Bald and Gray-Haired People – To The Rescue
It is important to understand that aforementioned problems do not hurt only worthy candidates—they also damage the companies themselves. When hiring systems filter out deep knowledge and reward performance, organizations stop getting the best talent and start listening to the loudest and most polished voices that come from a ‘safe heaven’ of corporate dysfunction. Senior leaders are often guided not by those with the deepest experience, but by those who can speak trendy jargon fluently and sell hot air with confidence. Over time, this leads executives down paths shaped more by fashion than by understanding.
Organizations begin to surround leadership with a noisy “advisory” layer that optimizes for optics—dashboards, slogans, velocity charts, “AI vs. Agile” debates, and promises of speed—often at the expense of hard-earned judgment. Meanwhile, experienced practitioners, the ones who have lived through multiple cycles of failure and recovery, are pushed aside as outdated or inconvenient.

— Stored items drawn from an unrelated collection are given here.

use crate::{ReadFault, read};
use ix_model::{Alt, Bound, Chars, Factor, Grammar, Mark, Member, Rule, TMark, Term, Text};
use std::alloc::{AllocError, Global};
use std::test::Fail;

/// The most characters of a grammar.
const MOST: usize = 1_048_576;

fn read_text(alloc: Global, text: &str) -> Result<Grammar, ReadFault> {
    let chars: Vec<char> = text.chars().collect(alloc)?;
    if chars.len() > MOST {
        return Err(ReadFault::Memory);
    }
    read(alloc, &chars)
}

fn put_text(out: &mut String, text: &Text) -> Result<(), AllocError> {
    for c in text.as_slice() {
        out.push(*c)?;
    }
    Ok(())
}

/// A string between `<` and `>`, or the digits of a number behind `#`.
fn put_chars(out: &mut String, chars: &Chars) -> Result<(), AllocError> {
    match chars {
        Chars::Quoted(text) => {
            out.push('<')?;
            put_text(out, text)?;
            out.push('>')?;
        }
        Chars::Code(digits) => {
            out.push('#')?;
            put_text(out, digits)?;
        }
    }
    Ok(())
}

fn put_mark(out: &mut String, mark: Option<Mark>) -> Result<(), AllocError> {
    match mark {
        None => {}
        Some(Mark::Element) => out.push('^')?,
        Some(Mark::Attribute) => out.push('@')?,
        Some(Mark::Hidden) => out.push('-')?,
    }
    Ok(())
}

fn put_tmark(out: &mut String, tmark: Option<TMark>) -> Result<(), AllocError> {
    match tmark {
        None => {}
        Some(TMark::Shown) => out.push('^')?,
        Some(TMark::Deleted) => out.push('-')?,
    }
    Ok(())
}

fn put_bound(out: &mut String, bound: &Bound) -> Result<(), AllocError> {
    match bound {
        Bound::Quoted(c) => out.push(*c)?,
        Bound::Code(digits) => {
            out.push('#')?;
            put_text(out, digits)?;
        }
    }
    Ok(())
}

fn put_member(out: &mut String, member: &Member) -> Result<(), AllocError> {
    match member {
        Member::Quoted(text) => {
            out.push('<')?;
            put_text(out, text)?;
            out.push('>')?;
        }
        Member::Code(digits) => {
            out.push('#')?;
            put_text(out, digits)?;
        }
        Member::Range { low, high } => {
            put_bound(out, low)?;
            out.push('-')?;
            put_bound(out, high)?;
        }
        Member::Class(code) => put_text(out, code)?,
    }
    Ok(())
}

/// Each member behind a space, between `[` and `]`.
fn put_members(out: &mut String, exclude: bool, members: &[Member]) -> Result<(), AllocError> {
    if exclude {
        out.push('~')?;
    }
    out.push('[')?;
    for member in members {
        out.push(' ')?;
        put_member(out, member)?;
    }
    out.push(']')?;
    Ok(())
}

#[cycle(shown)]
fn put_factor(out: &mut String, factor: &Factor) -> Result<(), AllocError> {
    match factor {
        Factor::Lit { tmark, chars } => {
            put_tmark(out, *tmark)?;
            put_chars(out, chars)?;
        }
        Factor::Set {
            tmark,
            exclude,
            members,
        } => {
            put_tmark(out, *tmark)?;
            put_members(out, *exclude, members.as_slice())?;
        }
        Factor::Call { mark, name } => {
            put_mark(out, *mark)?;
            put_text(out, name)?;
        }
        Factor::Insert { chars } => {
            out.push('+')?;
            put_chars(out, chars)?;
        }
        Factor::Group { alts } => {
            out.push('(')?;
            put_alts(out, alts.as_slice())?;
            out.push(')')?;
        }
    }
    Ok(())
}

#[cycle(shown)]
fn put_term(out: &mut String, term: &Term) -> Result<(), AllocError> {
    match term {
        Term::One(factor) => put_factor(out, factor)?,
        Term::Opt(factor) => {
            put_factor(out, factor)?;
            out.push('?')?;
        }
        Term::Star { item, sep: None } => {
            put_factor(out, item)?;
            out.push('*')?;
        }
        Term::Star {
            item,
            sep: Some(sep),
        } => {
            put_factor(out, item)?;
            out.push_str("**")?;
            put_factor(out, sep)?;
        }
        Term::Plus { item, sep: None } => {
            put_factor(out, item)?;
            out.push('+')?;
        }
        Term::Plus {
            item,
            sep: Some(sep),
        } => {
            put_factor(out, item)?;
            out.push_str("++")?;
            put_factor(out, sep)?;
        }
    }
    Ok(())
}

/// Each term behind a space.
#[cycle(shown)]
fn put_terms(out: &mut String, terms: &[Term]) -> Result<(), AllocError> {
    for term in terms {
        out.push(' ')?;
        put_term(out, term)?;
    }
    Ok(())
}

/// Each alternative behind a `/`.
#[cycle(shown)]
fn put_alts(out: &mut String, alts: &[Alt]) -> Result<(), AllocError> {
    for alt in alts {
        out.push('/')?;
        put_terms(out, alt.terms.as_slice())?;
    }
    Ok(())
}

fn put_rule(out: &mut String, rule: &Rule) -> Result<(), AllocError> {
    put_mark(out, rule.mark)?;
    put_text(out, &rule.name)?;
    out.push(':')?;
    put_alts(out, rule.alts.as_slice())?;
    out.push('.')?;
    Ok(())
}

/// The version between `<` and `>`, and the rules, each with a full stop at its end.
fn shown(alloc: Global, grammar: &Grammar) -> Result<String, AllocError> {
    let mut out = String::new(alloc);
    if let Some(version) = &grammar.version {
        out.push('<')?;
        put_text(&mut out, version)?;
        out.push('>')?;
    }
    for rule in grammar.rules.as_slice() {
        put_rule(&mut out, rule)?;
    }
    Ok(out)
}

#[test]
fn grammars_are_read(rt: HostRuntime) -> Result<(), Fail> {
    let alloc = rt.alloc();
    for (text, want) in [
        ("S: \"a\".", "S:/ <a>."),
        ("S='a'.", "S:/ <a>."),
        ("{ one {two} }S {c}:{d}\"a\"{e}.{f}\n", "S:/ <a>."),
        ("S: 'it''s', \"say \"\"a\"\"\".", "S:/ <it's> <say \"a\">."),
        ("S: \"a\"; \"b\" | ; .", "S:/ <a>/ <b>//."),
        ("S:.", "S:/."),
        (
            "S: -a, @a, ^a, a. @a:. -b= 'x'. ^c: .",
            "S:/ -a @a ^a a.@a:/.-b:/ <x>.^c:/.",
        ),
        (
            "S: ^\"x\", -'y', ^#41, - #0a, #1F600.",
            "S:/ ^<x> -<y> ^#41 -#0a #1F600.",
        ),
        (
            "S: ['abc'; 'a'-\"z\" | #30 - #39; #41; 'a'-#7a; Lu; L; 'a'; ''].",
            "S:/ [ <abc> a-z #30-#39 #41 a-#7a Lu L <a> <>].",
        ),
        (
            "S: [], ~[L], -[L], ^~['a'].",
            "S:/ [] ~[ L] -[ L] ^~[ <a>].",
        ),
        ("S: +\"x\", + #41.", "S:/ +<x> +#41."),
        (
            "S: a?, a*, a+, a**',', a++(b; +'x').",
            "S:/ a? a* a+ a**<,> a++(/ b/ +<x>).",
        ),
        (
            "S: (a, ('b'; ('c', ())))?.",
            "S:/ (/ a (/ <b>/ (/ <c> (/))))?.",
        ),
        ("ixml version \"1.0\". S: \"a\".", "<1.0>S:/ <a>."),
        ("ixml: \"a\".", "ixml:/ <a>."),
        ("S: a+++\"x\". a: \"y\".", "S:/ a+++<x>.a:/ <y>."),
        ("S: b.. b.: \"x\".", "S:/ b..b.:/ <x>."),
    ] {
        let grammar = read_text(alloc, text)?;
        let got = shown(alloc, &grammar)?;
        assert_eq!(rt; got.as_str(), want, "{text}");
    }
    Ok(())
}

#[test]
fn other_characters_are_no_grammar(rt: HostRuntime) {
    let alloc = rt.alloc();
    for text in [
        "",
        " {S: 'a'.}",
        "S",
        "S:",
        "S: 'a'",
        "S: \"a\",.",
        "S: ,'a'.",
        "S: 'a' 'b'.",
        "S: 'a'; 'b'",
        "S: 'a'.T: 'b'.",
        "S: [LC].",
        "S: [a].",
        "S: ['ab'-'c'].",
        "S: ['a'-].",
        "S: ['a', 'b'].",
        "S: ['a';].",
        "S: ~'a'.",
        "S: a + +\"x\". a: \"y\".",
        "S: a* *'x'. a: 'y'.",
        "S: a**. a: 'y'.",
        "S: a?*. a: 'y'.",
        "S: +a. a: 'y'.",
        "S: ^+'x'.",
        "S: @'a'.",
        "S: @[L].",
        "S: ^(a). a: 'y'.",
        "S: (a. a: 'y'.",
        "S: a). a: 'y'.",
        "S: 'a.",
        "S: 'a\n'.",
        "S: #.",
        "S: #g.",
        "1: 'a'.",
        ": 'a'.",
        "S 'a'.",
        "S:: 'a'.",
        "{S: 'a'.",
        "S: 'a'.}",
        "ixml version 1.0. S: 'a'.",
        "ixml version '1.0' S: 'a'.",
        "ixmlversion '1.0'. S: 'a'.",
        "ixml version'1.0'. S: 'a'.",
        "ixml version '1.0'.",
    ] {
        let got = read_text(alloc, text);
        assert!(rt; matches!(got, Err(ReadFault::NotIxml)), "{text}");
    }
}

/// `before`, so many times the character, and `behind`.
fn repeated(
    alloc: Global,
    before: &str,
    c: char,
    times: usize,
    behind: &str,
) -> Result<String, AllocError> {
    let mut text = String::new(alloc);
    text.push_str(before)?;
    for _ in 0..times {
        text.push(c)?;
    }
    text.push_str(behind)?;
    Ok(text)
}

/// So many parentheses around one call.
fn nested(alloc: Global, times: usize) -> Result<String, AllocError> {
    let closing = repeated(alloc, "a", ')', times, ". a: .")?;
    repeated(alloc, "S: ", '(', times, closing.as_str())
}

#[test]
fn at_most_100_parentheses_are_open(rt: HostRuntime) -> Result<(), Fail> {
    let alloc = rt.alloc();
    let most = nested(alloc, 100)?;
    assert!(rt; read_text(alloc, most.as_str()).is_ok());
    let deep = nested(alloc, 101)?;
    assert!(rt; matches!(read_text(alloc, deep.as_str()), Err(ReadFault::TooDeep)));
    let separator = repeated(
        alloc,
        "S: a, b?, [L]**",
        '(',
        101,
        repeated(alloc, "", ')', 101, "; -c.")?.as_str(),
    )?;
    assert!(rt;
        matches!(
            read_text(alloc, separator.as_str()),
            Err(ReadFault::TooDeep)
        )
    );
    Ok(())
}

/// A value of such a depth would take a call for each of its levels when it is dropped: none is built.
#[test]
fn many_parentheses_take_no_depth(rt: HostRuntime) -> Result<(), Fail> {
    let alloc = rt.alloc();
    let deep = nested(alloc, 60_000)?;
    assert!(rt; matches!(read_text(alloc, deep.as_str()), Err(ReadFault::TooDeep)));
    Ok(())
}

#[test]
fn parentheses_that_are_no_grammar(rt: HostRuntime) -> Result<(), Fail> {
    let alloc = rt.alloc();
    let never_closed = repeated(alloc, "S: ", '(', 101, "a. a: .")?;
    assert!(rt;
        matches!(
            read_text(alloc, never_closed.as_str()),
            Err(ReadFault::NotIxml)
        )
    );
    let comma = repeated(
        alloc,
        "S: ",
        '(',
        101,
        repeated(alloc, "a", ')', 101, ",.")?.as_str(),
    )?;
    assert!(rt; matches!(read_text(alloc, comma.as_str()), Err(ReadFault::NotIxml)));
    Ok(())
}

#[test]
fn parentheses_in_strings_and_comments(rt: HostRuntime) -> Result<(), Fail> {
    let alloc = rt.alloc();
    let string = repeated(alloc, "S: '", '(', 101, "'.")?;
    assert!(rt; read_text(alloc, string.as_str()).is_ok());
    let comment = repeated(alloc, "S: {", '(', 101, "}.")?;
    assert!(rt; read_text(alloc, comment.as_str()).is_ok());
    Ok(())
}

It is only, when complexity completely breaks through the hype, leaders are forced back to square one, relying again on the old crew—the people whose knowledge was built over decades. The problem is not innovation that the old crew unmistakably has in their arsenal. It is mistaking noise for wisdom, and performance for the ability to actually properly diagnose and treat a problem.
Conclusion
In the end, the rise of AI in HR and recruiting is neither inherently good nor inherently bad—it is a reflection of how we choose to shape and govern it. As this illustrative summary has explored, when left unchecked, automation can amplify existing flaws, erode human judgment, and reward superficial performance over genuine capability. We must remember that like dissolves like: systems that encourage low-effort optimization will attract low-quality behavior, just as thoughtful, ethical design will attract best outcomes.
That is why the use of AI in hiring should remain very controlled and tightly governed, with clear boundaries that prevent us from crossing red lines and drifting into a world, where norms, values, and ethics get watered down and trivialized. With intentional policies, careful oversight, and a commitment to preserving the human core of work, we can harness the benefits of AI without sacrificing trust, fairness, and dignity. Ultimately, the goal is not to stop progress, but to ensure that progress serves people, not just processes—and that is a future worth building.